◆ **WHAT YOU HAVE TO DO**
Beginning at the line that includes "number += 1;", print each remaining line of the data word for word. Output nothing else.

◆ **TASK MATERIAL**
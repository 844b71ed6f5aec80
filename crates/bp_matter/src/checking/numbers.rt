// Tests of lists of rows of several kinds.
ghost use Rattle.std.specs.Prelude.{◌<◌, ◌^◌, ◌≡◌};
ghost use Rattle.bp_matter.specs.ValidRows.{is_numbered, names};

use bp_core::Keyed;

// Whether the rows are numbered from this number on without a gap.
pub(crate) fn is_numbered<T: Keyed>(rows: &[T], from: u128) -> bool
    requires { from < 2 ^ 64 }
    ensures { result ≡ is_numbered T.key_of from rows.now }
{
    let mut number = from;
    let mut rest = rows;
    while let Some((first, others)) = rest.split_first() {
        if first.key() != number {
            return false;
        }
        number += 1;
        rest = others;
    }
    true
}

pub(crate) fn names(count: usize, number: u32) -> bool
    ensures { result ≡ names count number }
{
    number >= 1 && number as usize <= count
}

◆ **OUTPUT FOR THIS EXERCISE**
        number += 1;
        rest = others;
    }
    true
}

pub(crate) fn names(count: usize, number: u32) -> bool
    ensures { result ≡ names count number }
{
    number >= 1 && number as usize <= count
}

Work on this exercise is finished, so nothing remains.